### Required action:
When you output the entries, begin with the first line and end with the line containing "const NEAR: usize = 16;", keeping each line exactly as it is.

(Dataset entries)
== Segment start ==

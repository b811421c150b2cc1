//! The enclosing blocks of an instruction, by their labels.

ghost use Rattle.std.specs.Prelude.{◌≡◌, ◌+◌, ◌<◌, ◌≤◌, ◌^◌, ◌↔◌, [], ◌∷◌, length, Some, None, codes, IsTrue, IsFalse, IfOk, IfSome, OnOk, OnErr};
ghost use Rattle.wast_base.specs.Blocks.{without_innermost};
ghost use Rattle.wast_base.specs.Ids.{name_of, mark_of_option};
ghost use Rattle.wast_base.specs.Spaces.{name_if};
ghost use Rattle.wast_base.specs.Denoted.{denoted, resolved_index};
ghost use Rattle.wast_base.specs.FirstUnmet.{first_unmet, known_index};
ghost use Rattle.wast_base.specs.Outcomes.{Outcome};
ghost use Rattle.wast_resolve_labels.specs.Asked.{number_among, wrong_label};
ghost use Rattle.wast_resolve_labels.specs.OpenBlocks.{label_depth, is_innermost, is_expected_label};

use crate::index::{index_all, indexed_place, steps_back, unindex_block};
use crate::marks::mark_if;
use std::alloc::{AllocError, Global};
use std::collections::BTreeMap;
use std::marker::Model;
use wast_base::{Error, Fault, Id, Index, Numbering, number_index};

/// This many innermost blocks are searched one by one, before indexing the others is considered.
const NEAR: usize = 16;

/// Indexing a block takes about as long as comparing this many blocks.
const DUE: usize = 256;

/// The enclosing blocks of an instruction, by their labels (text format: control instructions,
/// labels).
///
/// Its model in contracts is the list of labels, innermost first. Only [`open`](Labels::open),
/// [`reach`](Labels::reach) and [`reach_all`](Labels::reach_all) allocate. If allocation fails, the
/// blocks do not change.
///
/// Look-ups compare the blocks that are not indexed, one by one, and then use an index of the
/// others, which are the outermost. Each block has a mark, made of the length and the last byte of
/// its label. Blocks with another mark are skipped.
///
/// If `reach` is called before each look-up, blocks are indexed as soon as comparing them has taken
/// as long as indexing them. So apart from the 16 innermost, all look-ups together compare at most
/// a few hundred blocks for each block that is opened, however deep the nesting is. This is tested,
/// not proved.
///
/// # Example
///
///     let mut labels = Labels::new(rt.alloc());
///     open_many(&rt, &mut labels, id("l"));
///     let mut branch = Index::Id(id("l"));
///     assert!(rt; labels.number(&mut branch) == Ok(0));
///     assert!(rt; branch == Index::Num(0, Span { offset: 7 }));
#[derive(Drop)]
pub struct Labels<'a> {
    // All enclosing blocks, the outermost first.
    open: Vec<Option<Id<'a>>>,
    // For each of them, the mark of its label.
    marks: Vec<u16>,
    // For each label of an indexed block, the position of the innermost indexed block with it.
    places: BTreeMap<Id<'a>, usize>,
    // For each indexed block, the outermost first, the position of the next one further out with
    // its label.
    outer: Vec<Option<usize>>,
    // How many blocks were compared since blocks were indexed last.
    spent: usize,
}

impl<'a> Model for Labels<'a> {
    ghost use Rattle.std.specs.Prelude.{◌≡◌, ◌<◌, ◌^◌, length};
    ghost use Rattle.wast_base.specs.Blocks.{Blocks};
    ghost use Rattle.wast_resolve_labels.specs.Indexed.{labels_of, IsIndexOf};
    ghost use Rattle.wast_resolve_labels.specs.Marks.{marks_of};

    ghost Value = { Blocks };

    ghost view = { λ s. labels_of s.open.items };

    ghost invariant = { λ s. (length s.open.items < 2 ^ 32) × IsIndexOf s.open.items s.places s.outer.items × (s.marks.items ≡ marks_of s.open.items) };
}

impl<'a> Labels<'a> {
    /// Creates an empty list: no enclosing blocks.
    pub fn new(alloc: Global) -> Self
        ensures { result ≡ [] }
    {
        Labels {
            open: Vec::new(alloc),
            marks: Vec::new(alloc),
            places: BTreeMap::new(alloc),
            outer: Vec::new(alloc),
            spent: 0,
        }
    }

    /// Returns whether there are 4,294,967,295 enclosing blocks, so that no more can be opened.
    pub fn is_full(&self) -> bool
        ensures { IsTrue result ↔ (2 ^ 32 ≤ length self.now + 1) }
    {
        self.open.len() >= u32::MAX as usize
    }

    /// Opens a block with its label, if it has one. It is then the innermost block. Test
    /// [`is_full`](Labels::is_full) first.
    ///
    ///     assert!(rt; !labels.is_full());
    ///     labels.open(label).expect(rt, "memory");
    pub fn open(&mut self, label: Option<Id<'a>>) -> Result<(), AllocError>
        requires { length self.old + 1 < 2 ^ 32 }
        ensures ok { OnOk result (self.new ≡ name_if (mark_of_option label.entry) ∷ self.old) }
        ensures err { OnErr result (self.new ≡ self.old) }
    {
        self.open.reserve(1)?;
        self.marks.reserve(1)?;
        let mark = mark_if(&label);
        self.open.push_reserved(label);
        self.marks.push_reserved(mark);
        Ok(())
    }

    /// Prepares for looking up a label, so that all look-ups together are fast. Depths do not
    /// change.
    ///
    /// It indexes all enclosing blocks if three conditions hold:
    ///
    /// - the index is an id;
    /// - none of the innermost blocks has it: at most 16 that are not indexed;
    /// - comparing the others has taken as long by now as indexing them does.
    ///
    /// A block is indexed once, however many labels are looked up.
    ///
    /// # Example
    ///
    ///     let mut branch = Index::Id(id(text.as_str()));
    ///     labels.reach(&branch).expect(rt, "memory");
    ///     assert!(rt; labels.number(&mut branch) == Ok(want));
    pub fn reach(&mut self, idx: &Index<'a>) -> Result<(), AllocError>
        ensures { self.new ≡ self.old }
    {
        if let Index::Id(id) = idx {
            if self.is_far(id) {
                self.index_if_due()?;
            }
        }
        Ok(())
    }

    /// Prepares for looking up a label that no innermost block has, like [`reach`](Labels::reach).
    ///
    ///     labels.reach_all().expect(&rt, "memory");
    ///
    /// It indexes all enclosing blocks if more than 16 are not indexed, and comparing them has
    /// taken as long by now as indexing them does.
    pub fn reach_all(&mut self) -> Result<(), AllocError>
        ensures { self.new ≡ self.old }
    {
        if !self.is_near() {
            self.index_if_due()?;
        }
        Ok(())
    }

    /// Indexes all blocks, if it is due.
    fn index_if_due(&mut self) -> Result<(), AllocError>
        ensures { self.new ≡ self.old }
    {
        if self.is_due() {
            index_all(&self.open, &mut self.places, &mut self.outer)?;
        }
        Ok(())
    }

    /// Returns whether indexing is due, because as many blocks were compared by now as it costs.
    ///
    /// It counts that all blocks that are not indexed are compared once more, and restarts the
    /// count if it is due.
    fn is_due(&mut self) -> bool
        ensures { self.new ≡ self.old }
    {
        let rest = self.open.len() - self.outer.len();
        self.spent = self.spent.saturating_add(rest);
        if self.spent / DUE < rest {
            return false;
        }
        self.spent = 0;
        true
    }

    /// Returns whether each look-up is fast: at most 16 enclosing blocks are not indexed. Then
    /// [`reach`](Labels::reach) does nothing.
    #[inline(always)]
    pub fn is_near(&self) -> bool {
        self.open.len() - self.outer.len() <= NEAR
    }

    /// Returns whether many blocks are not indexed, and none of the innermost ones has the label.
    fn is_far(&self, id: &Id<'a>) -> bool {
        !self.is_near() && self.near(id).is_none()
    }

    /// Closes the innermost block, if there is one.
    pub fn close(&mut self)
        ensures { self.new ≡ without_innermost self.old }
    {
        if let Some(label) = self.open.pop() {
            let _ = self.marks.pop();
            if self.outer.len() > self.open.len() {
                unindex_block(&mut self.places, &mut self.outer, label);
            }
        }
    }

    /// Returns the depth of a label: how many enclosing blocks are inside the innermost one with
    /// it. If no enclosing block has the label, it is `None`. The position of the id is ignored.
    ///
    /// # Example
    ///
    ///     for _ in 0..100 {
    ///         open(&rt, &mut labels, None);
    ///     }
    ///     assert!(rt; labels.denotes(&id("l")) == Some(100));
    pub fn denotes(&self, id: &Id<'a>) -> Option<u32>
        ensures { result ≡ label_depth (name_of id.now) self.now }
    {
        if self.is_innermost(id) {
            return Some(0);
        }
        self.sought(id)
    }

    /// Returns the depth of a label, among all enclosing blocks.
    fn sought(&self, id: &Id<'a>) -> Option<u32>
        ensures { result ≡ label_depth (name_of id.now) self.now }
    {
        let indexed = self.outer.len();
        let (_, near) = self.open.split_at(indexed);
        let (_, near_marks) = self.marks.split_at(indexed);
        if let Some(steps) = steps_back(near, near_marks, id) {
            return Some(steps as u32);
        }
        let place = indexed_place(&self.places, id)?;
        Some((self.open.len() - 1 - place) as u32)
    }

    /// Returns the depth of a label, if one of the innermost blocks has it.
    ///
    /// These are at most 16 blocks that are not indexed. The innermost of all is compared first,
    /// because most branches go there.
    #[inline(always)]
    fn near(&self, id: &Id<'a>) -> Option<u32>
        ensures { IfSome result (λ n. label_depth (name_of id.now) self.now ≡ Some n) }
    {
        if self.is_innermost(id) {
            Some(0)
        } else {
            self.sought_near(id)
        }
    }

    /// The same, comparing these blocks one by one.
    #[inline(never)]
    fn sought_near(&self, id: &Id<'a>) -> Option<u32>
        ensures { IfSome result (λ n. label_depth (name_of id.now) self.now ≡ Some n) }
    {
        let open = self.open.as_slice();
        let first = open.len().saturating_sub(NEAR).max(self.outer.len());
        let (_, nearest) = open.split_at(first);
        let (_, nearest_marks) = self.marks.split_at(first);
        let steps = steps_back(nearest, nearest_marks, id)?;
        Some(steps as u32)
    }

    /// Replaces a label by its depth if that is fast, and returns whether it did. Otherwise the
    /// index is unchanged.
    ///
    ///     assert!(&rt; labels.is_near() && !labels.try_number(&mut outermost));
    ///
    /// It is fast for a number, and for the label of one of the innermost blocks: at most 16 that
    /// are not indexed. For the others call [`number`](Labels::number).
    #[inline(always)]
    pub fn try_number(&self, idx: &mut Index<'a>) -> bool
        ensures met { IsTrue result → first_unmet (known_index (number_among self.now) (codes "label") idx.old) ≡ None }
        ensures index { IsTrue result → idx.new ≡ resolved_index (number_among self.now) idx.old }
        ensures stays { IsFalse result → idx.new ≡ idx.old }
    {
        let (number, span) = match idx {
            Index::Num(_, _) => return true,
            Index::Id(id) => (self.near(id), id.span()),
        };
        match number {
            Some(number) => {
                *idx = Index::Num(number, span);
                true
            }
            None => false,
        }
    }

    /// Returns the depth of a label index, and replaces a label by its depth, at the position of
    /// the label. A number is returned as it is.
    ///
    /// # Example
    ///
    ///     let mut branch = Index::Id(id("l"));
    ///     assert!(rt; labels.number(&mut branch) == Ok(0));
    ///     assert!(rt; branch == Index::Num(0, Span { offset: 7 }));
    ///
    /// # Errors
    ///
    /// E4 `label` at the position of the label, if no enclosing block has it. The index is then
    /// unchanged.
    pub fn number(&self, idx: &mut Index<'a>) -> Result<u32, Error<'a>>
        ensures answer { Outcome ⊥ ⊥ (first_unmet (known_index (number_among self.now) (codes "label") idx.old)) result }
        ensures number { IfOk result (λ n. denoted (number_among self.now) idx.old ≡ Some n) }
        ensures index { idx.new ≡ resolved_index (number_among self.now) idx.old }
    {
        number_index(self, idx, "label")
    }

    /// Returns whether the innermost block has this label. Without enclosing blocks it is `false`.
    #[inline(always)]
    pub fn is_innermost(&self, id: &Id<'a>) -> bool
        ensures { result ≡ is_innermost (name_of id.now) self.now }
    {
        match self.open.last() {
            Some(Some(label)) => id.is_same(label),
            _ => false,
        }
    }

    /// Returns whether `else` or `end` may repeat this label (text format: control instructions).
    ///
    /// It may be left out, or be that of the innermost block. Without enclosing blocks any label is
    /// allowed, as in the `wast` crate.
    pub fn expects(&self, label: Option<Id<'a>>) -> bool
        ensures { result ≡ is_expected_label (name_if (mark_of_option label.entry)) self.now }
    {
        match label {
            Some(id) => self.open.is_empty() || self.is_innermost(&id),
            None => true,
        }
    }

    /// Checks the label at an `else` or `end`, before the block is closed.
    ///
    /// For example, in `block $a end $b` the label `$b` is E8.
    ///
    /// # Errors
    ///
    /// E8 at the position of the label, if [`expects`](Labels::expects) returns `false` for it.
    pub fn check(&self, label: Option<Id<'a>>) -> Result<(), Error<'a>>
        ensures { Outcome ⊥ ⊥ (wrong_label self.now (mark_of_option label.entry)) result }
    {
        if let Some(id) = label {
            if !self.expects(label) {
                return Err(Error::new(id.span(), Fault::Labels));
            }
        }
        Ok(())
    }
}

impl<'a> Numbering<'a> for Labels<'a> {
    ghost numbers = { λ s. number_among s };

    fn number_of(&self, id: &Id<'a>) -> Option<u32> {
        self.denotes(id)
    }
}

== Segment end ==

### Solution for this exercise:
repository b811421c150b2cc1
//! The enclosing blocks of an instruction, by their labels.

ghost use Rattle.std.specs.Prelude.{◌≡◌, ◌+◌, ◌<◌, ◌≤◌, ◌^◌, ◌↔◌, [], ◌∷◌, length, Some, None, codes, IsTrue, IsFalse, IfOk, IfSome, OnOk, OnErr};
ghost use Rattle.wast_base.specs.Blocks.{without_innermost};
ghost use Rattle.wast_base.specs.Ids.{name_of, mark_of_option};
ghost use Rattle.wast_base.specs.Spaces.{name_if};
ghost use Rattle.wast_base.specs.Denoted.{denoted, resolved_index};
ghost use Rattle.wast_base.specs.FirstUnmet.{first_unmet, known_index};
ghost use Rattle.wast_base.specs.Outcomes.{Outcome};
ghost use Rattle.wast_resolve_labels.specs.Asked.{number_among, wrong_label};
ghost use Rattle.wast_resolve_labels.specs.OpenBlocks.{label_depth, is_innermost, is_expected_label};

use crate::index::{index_all, indexed_place, steps_back, unindex_block};
use crate::marks::mark_if;
use std::alloc::{AllocError, Global};
use std::collections::BTreeMap;
use std::marker::Model;
use wast_base::{Error, Fault, Id, Index, Numbering, number_index};

/// This many innermost blocks are searched one by one, before indexing the others is considered.
const NEAR: usize = 16;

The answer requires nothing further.